*** Block opens ***
//! The import graph of a project.

ghost use Rattle.std.specs.Prelude.{◌≡◌, ◌≤◌, ℕ, List, [], length, map, IfOk, IfErr, OnOk, IfSome};
ghost use Rattle.std.specs.List.{All};
ghost use Rattle.decl_groups.specs.Groups as groups;
ghost use Rattle.elm_files.specs.Answers.{NoneFull};
ghost use Rattle.import_graph.specs.Order.{IsOrder, IsRing};
ghost use Rattle.import_graph.specs.Entry.{HasEntry};
ghost use Rattle.import_graph.specs.Modules as walk;
ghost use Rattle.import_graph.specs.Plain.{IsPlain};
ghost use Rattle.import_graph.specs.ModuleWalkView.{setting, module_view};
ghost use Rattle.import_graph.specs.Graph as numbered;
ghost use Rattle.import_graph.specs.Graph.{AreModules, AreNumbered};
ghost use Rattle.import_graph.specs.Faults as plain;
ghost use Rattle.import_graph.specs.Faults.{IsRefused};
ghost use Rattle.import_graph.specs.ModuleGraphView.{graph_modules, AreNamed, IsOf, HasEnd, IfRefused, IsEndOf};
ghost use Rattle.project_file.specs.View.{directories_of};

use crate::faults::{entry_fault, ring_fault};
use crate::numbers::{by_name, uses_of};
use crate::{Module, OrderError, ReachError, Reader, order, reach};
use elm_base::fault::{Code, Fault};
use elm_base::text::Text;
use elm_files::Files;
use indexmap::{IndexMap, IndexSet};
use project_file::project::Project;
use std::alloc::{AllocError, AllocFailed, Global};

/// The modules of a project and how they import each other.
#[derive(Drop)]
pub struct Graph {
    /// The modules by their names, in ascending order. The place of a module is its number.
    pub modules: IndexMap<Text, Module>,
    /// For each module, the numbers of the modules of the project that it imports, in written order.
    pub uses: Vec<Vec<u32>>,
    /// The numbers of the modules in order: repeatedly the least of the modules whose imports are all placed. The core
    /// modules stand before them.
    pub order: Vec<u32>,
}

/// Why there is no graph.
#[derive(Debug, Drop)]
pub enum CrawlEnd {
    /// The project is refused, for this fault.
    Refused(Fault),
    /// A call on the file of this path failed.
    File(Text),
    /// Memory ran out.
    NoMemory,
}

impl<T: Drop> From<AllocFailed<T>> for CrawlEnd {
    ghost use Rattle.std.specs.Prelude.{◌≡◌};
    ghost use Rattle.import_graph.specs.declared.crawling.CrawlEnd.TheVariants.{NoMemory};

    ghost from_gives = { λ _ e. e ≡ NoMemory };

    fn from(_failed: AllocFailed<T>) -> CrawlEnd {
        CrawlEnd::NoMemory
    }
}

impl From<AllocError> for CrawlEnd {
    ghost use Rattle.std.specs.Prelude.{◌≡◌};
    ghost use Rattle.import_graph.specs.declared.crawling.CrawlEnd.TheVariants.{NoMemory};

    ghost from_gives = { λ _ e. e ≡ NoMemory };

    fn from(_error: AllocError) -> CrawlEnd {
        CrawlEnd::NoMemory
    }
}

/// The import graph of the modules that the entry reaches.
///
/// `entry` is the path of the entry's file below the folder of the project's file. It may have empty parts and parts
/// `.`. `core` has the names of the core modules, which import no module of a project. `reader` reads what the text of
/// a module imports. Nothing is written. Beside the reading it takes time in proportion to the number of imports, but for
/// the sorting of the modules.
///
/// The project is refused for `EntryNotFound` where the entry is no module of the project, for `TooManyModules` where
/// it reaches more than 4,096 modules, and for `ImportCycle` where some module reaches itself by imports. Any other
/// error is a path at which a call on `files` failed, or out of memory.
pub fn crawl<F: Files, R: Reader>(
    alloc: Global,
    reader: &R,
    files: &mut F,
    project: &Project,
    core: &IndexSet<Text>,
    entry: &str,
) -> Result<Graph, CrawlEnd>
    requires { NoneFull (F.faults files.old) }
    ensures modules { IfOk result (λ graph. IfSome (F.tree files.old) (λ tree.
        AreModules R.has_imports (setting tree project.now core.now.keys) entry.now (graph_modules graph))) }
    ensures plain { IfOk result (λ graph. All (IsPlain core.now.keys) (graph_modules graph)) }
    ensures entry { IfOk result (λ graph. HasEntry (directories_of project.now) entry.now
        (numbered.names_of (graph_modules graph))) }
    ensures named { IfOk result (λ graph. AreNamed graph.modules) }
    ensures numbered { IfOk result (λ graph. AreNumbered (graph_modules graph)) }
    ensures uses { IfOk result (λ graph. groups.plain graph.uses.items ≡ numbered.uses_of (graph_modules graph)) }
    ensures order { IfOk result (λ graph. IsOrder (numbered.uses_of (graph_modules graph)) [] graph.order.items) }
    ensures tree { F.tree files.new ≡ F.tree files.old }
    ensures no_fault { OnOk result (F.faults files.new ≡ F.faults files.old) }
    ensures error { IfErr result (λ e. HasEnd e (λ fault. IfSome (F.tree files.old) (λ tree.
        IsRefused R.has_imports (setting tree project.now core.now.keys) entry.now fault))
        (F.faults files.old) (F.faults files.new)) }
{
    match reach(alloc, reader, files, project, core, entry) {
        Ok(modules) => graph_of(alloc, modules),
        Err(error) => Err(end_of(alloc, error, entry)),
    }
}

/// How a crawl ends where the modules are not told.
fn end_of(alloc: Global, error: ReachError, entry: &str) -> CrawlEnd
    ensures { IsEndOf error entry.now result }
{
    match error {
        ReachError::NoEntry => refused(alloc, Code::EntryNotFound, entry),
        ReachError::TooMany => refused(alloc, Code::TooManyModules, entry),
        ReachError::File(path) => CrawlEnd::File(path),
        ReachError::NoMemory => CrawlEnd::NoMemory,
    }
}

/// The end of a crawl that is refused for a fault of the entry.
fn refused(alloc: Global, code: Code, entry: &str) -> CrawlEnd
    ensures { IfRefused result (λ fault. fault ≡ plain.entry_fault code entry.now) }
{
    match entry_fault(alloc, code, entry) {
        Ok(fault) => CrawlEnd::Refused(fault),
        Err(_) => CrawlEnd::NoMemory,
    }
}

/// The graph of these modules.
fn graph_of(alloc: Global, modules: Vec<Module>) -> Result<Graph, CrawlEnd>
    requires { length modules.items ≤ 4096 }
    ensures modules { IfOk result (λ graph. IsOf (map module_view modules.items) (graph_modules graph)) }
    ensures named { IfOk result (λ graph. AreNamed graph.modules) }
    ensures uses { IfOk result (λ graph. groups.plain graph.uses.items ≡ numbered.uses_of (graph_modules graph)) }
    ensures order { IfOk result (λ graph. IsOrder (numbered.uses_of (graph_modules graph)) [] graph.order.items) }
    ensures ring { IfErr result (λ e. IfRefused e (λ fault. (ms : List walk.Module) × (ring : List ℕ)
        × IsOf (map module_view modules.items) ms × IsRing (numbered.uses_of ms) ring
        × (fault ≡ plain.ring_fault ms ring))) }
{
    let modules = by_name(alloc, modules)?;
    let uses = uses_of(alloc, &modules)?;
    match order(alloc, &uses) {
        Ok(order) => Ok(Graph {
            modules,
            uses,
            order,
        }),
        Err(OrderError::Ring(ring)) => Err(CrawlEnd::Refused(ring_fault(alloc, &modules, &ring)?)),
        Err(OrderError::NoMemory) => Err(CrawlEnd::NoMemory),
    }
}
*** Block closes ***
Instructions for the task: Reproduce the records above in their entirety, unchanged.

Exercise answer:
//! The import graph of a project.

ghost use Rattle.std.specs.Prelude.{◌≡◌, ◌≤◌, ℕ, List, [], length, map, IfOk, IfErr, OnOk, IfSome};
ghost use Rattle.std.specs.List.{All};
ghost use Rattle.decl_groups.specs.Groups as groups;
ghost use Rattle.elm_files.specs.Answers.{NoneFull};
ghost use Rattle.import_graph.specs.Order.{IsOrder, IsRing};
ghost use Rattle.import_graph.specs.Entry.{HasEntry};
ghost use Rattle.import_graph.specs.Modules as walk;
ghost use Rattle.import_graph.specs.Plain.{IsPlain};
ghost use Rattle.import_graph.specs.ModuleWalkView.{setting, module_view};
ghost use Rattle.import_graph.specs.Graph as numbered;
ghost use Rattle.import_graph.specs.Graph.{AreModules, AreNumbered};
ghost use Rattle.import_graph.specs.Faults as plain;
ghost use Rattle.import_graph.specs.Faults.{IsRefused};
ghost use Rattle.import_graph.specs.ModuleGraphView.{graph_modules, AreNamed, IsOf, HasEnd, IfRefused, IsEndOf};
ghost use Rattle.project_file.specs.View.{directories_of};

use crate::faults::{entry_fault, ring_fault};
use crate::numbers::{by_name, uses_of};
use crate::{Module, OrderError, ReachError, Reader, order, reach};
use elm_base::fault::{Code, Fault};
use elm_base::text::Text;
use elm_files::Files;
use indexmap::{IndexMap, IndexSet};
use project_file::project::Project;
use std::alloc::{AllocError, AllocFailed, Global};

/// The modules of a project and how they import each other.
#[derive(Drop)]
pub struct Graph {
    /// The modules by their names, in ascending order. The place of a module is its number.
    pub modules: IndexMap<Text, Module>,
    /// For each module, the numbers of the modules of the project that it imports, in written order.
    pub uses: Vec<Vec<u32>>,
    /// The numbers of the modules in order: repeatedly the least of the modules whose imports are all placed. The core
    /// modules stand before them.
    pub order: Vec<u32>,
}

/// Why there is no graph.
#[derive(Debug, Drop)]
pub enum CrawlEnd {
    /// The project is refused, for this fault.
    Refused(Fault),
    /// A call on the file of this path failed.
    File(Text),
    /// Memory ran out.
    NoMemory,
}

impl<T: Drop> From<AllocFailed<T>> for CrawlEnd {
    ghost use Rattle.std.specs.Prelude.{◌≡◌};
    ghost use Rattle.import_graph.specs.declared.crawling.CrawlEnd.TheVariants.{NoMemory};

    ghost from_gives = { λ _ e. e ≡ NoMemory };

    fn from(_failed: AllocFailed<T>) -> CrawlEnd {
        CrawlEnd::NoMemory
    }
}

impl From<AllocError> for CrawlEnd {
    ghost use Rattle.std.specs.Prelude.{◌≡◌};
    ghost use Rattle.import_graph.specs.declared.crawling.CrawlEnd.TheVariants.{NoMemory};

    ghost from_gives = { λ _ e. e ≡ NoMemory };

    fn from(_error: AllocError) -> CrawlEnd {
        CrawlEnd::NoMemory
    }
}

/// The import graph of the modules that the entry reaches.
///
/// `entry` is the path of the entry's file below the folder of the project's file. It may have empty parts and parts
/// `.`. `core` has the names of the core modules, which import no module of a project. `reader` reads what the text of
/// a module imports. Nothing is written. Beside the reading it takes time in proportion to the number of imports, but for
/// the sorting of the modules.
///
/// The project is refused for `EntryNotFound` where the entry is no module of the project, for `TooManyModules` where
/// it reaches more than 4,096 modules, and for `ImportCycle` where some module reaches itself by imports. Any other
/// error is a path at which a call on `files` failed, or out of memory.
pub fn crawl<F: Files, R: Reader>(
    alloc: Global,
    reader: &R,
    files: &mut F,
    project: &Project,
    core: &IndexSet<Text>,
    entry: &str,
) -> Result<Graph, CrawlEnd>
    requires { NoneFull (F.faults files.old) }
    ensures modules { IfOk result (λ graph. IfSome (F.tree files.old) (λ tree.
        AreModules R.has_imports (setting tree project.now core.now.keys) entry.now (graph_modules graph))) }
    ensures plain { IfOk result (λ graph. All (IsPlain core.now.keys) (graph_modules graph)) }
    ensures entry { IfOk result (λ graph. HasEntry (directories_of project.now) entry.now
        (numbered.names_of (graph_modules graph))) }
    ensures named { IfOk result (λ graph. AreNamed graph.modules) }
    ensures numbered { IfOk result (λ graph. AreNumbered (graph_modules graph)) }
    ensures uses { IfOk result (λ graph. groups.plain graph.uses.items ≡ numbered.uses_of (graph_modules graph)) }
    ensures order { IfOk result (λ graph. IsOrder (numbered.uses_of (graph_modules graph)) [] graph.order.items) }
    ensures tree { F.tree files.new ≡ F.tree files.old }
    ensures no_fault { OnOk result (F.faults files.new ≡ F.faults files.old) }
    ensures error { IfErr result (λ e. HasEnd e (λ fault. IfSome (F.tree files.old) (λ tree.
        IsRefused R.has_imports (setting tree project.now core.now.keys) entry.now fault))
        (F.faults files.old) (F.faults files.new)) }
{
    match reach(alloc, reader, files, project, core, entry) {
        Ok(modules) => graph_of(alloc, modules),
        Err(error) => Err(end_of(alloc, error, entry)),
    }
}

/// How a crawl ends where the modules are not told.
fn end_of(alloc: Global, error: ReachError, entry: &str) -> CrawlEnd
    ensures { IsEndOf error entry.now result }
{
    match error {
        ReachError::NoEntry => refused(alloc, Code::EntryNotFound, entry),
        ReachError::TooMany => refused(alloc, Code::TooManyModules, entry),
        ReachError::File(path) => CrawlEnd::File(path),
        ReachError::NoMemory => CrawlEnd::NoMemory,
    }
}

/// The end of a crawl that is refused for a fault of the entry.
fn refused(alloc: Global, code: Code, entry: &str) -> CrawlEnd
    ensures { IfRefused result (λ fault. fault ≡ plain.entry_fault code entry.now) }
{
    match entry_fault(alloc, code, entry) {
        Ok(fault) => CrawlEnd::Refused(fault),
        Err(_) => CrawlEnd::NoMemory,
    }
}

/// The graph of these modules.
fn graph_of(alloc: Global, modules: Vec<Module>) -> Result<Graph, CrawlEnd>
    requires { length modules.items ≤ 4096 }
    ensures modules { IfOk result (λ graph. IsOf (map module_view modules.items) (graph_modules graph)) }
    ensures named { IfOk result (λ graph. AreNamed graph.modules) }
    ensures uses { IfOk result (λ graph. groups.plain graph.uses.items ≡ numbered.uses_of (graph_modules graph)) }
    ensures order { IfOk result (λ graph. IsOrder (numbered.uses_of (graph_modules graph)) [] graph.order.items) }
    ensures ring { IfErr result (λ e. IfRefused e (λ fault. (ms : List walk.Module) × (ring : List ℕ)
        × IsOf (map module_view modules.items) ms × IsRing (numbered.uses_of ms) ring
        × (fault ≡ plain.ring_fault ms ring))) }
{
    let modules = by_name(alloc, modules)?;
    let uses = uses_of(alloc, &modules)?;
    match order(alloc, &uses) {
        Ok(order) => Ok(Graph {
            modules,
            uses,
            order,
        }),
        Err(OrderError::Ring(ring)) => Err(CrawlEnd::Refused(ring_fault(alloc, &modules, &ring)?)),
        Err(OrderError::NoMemory) => Err(CrawlEnd::NoMemory),
    }
}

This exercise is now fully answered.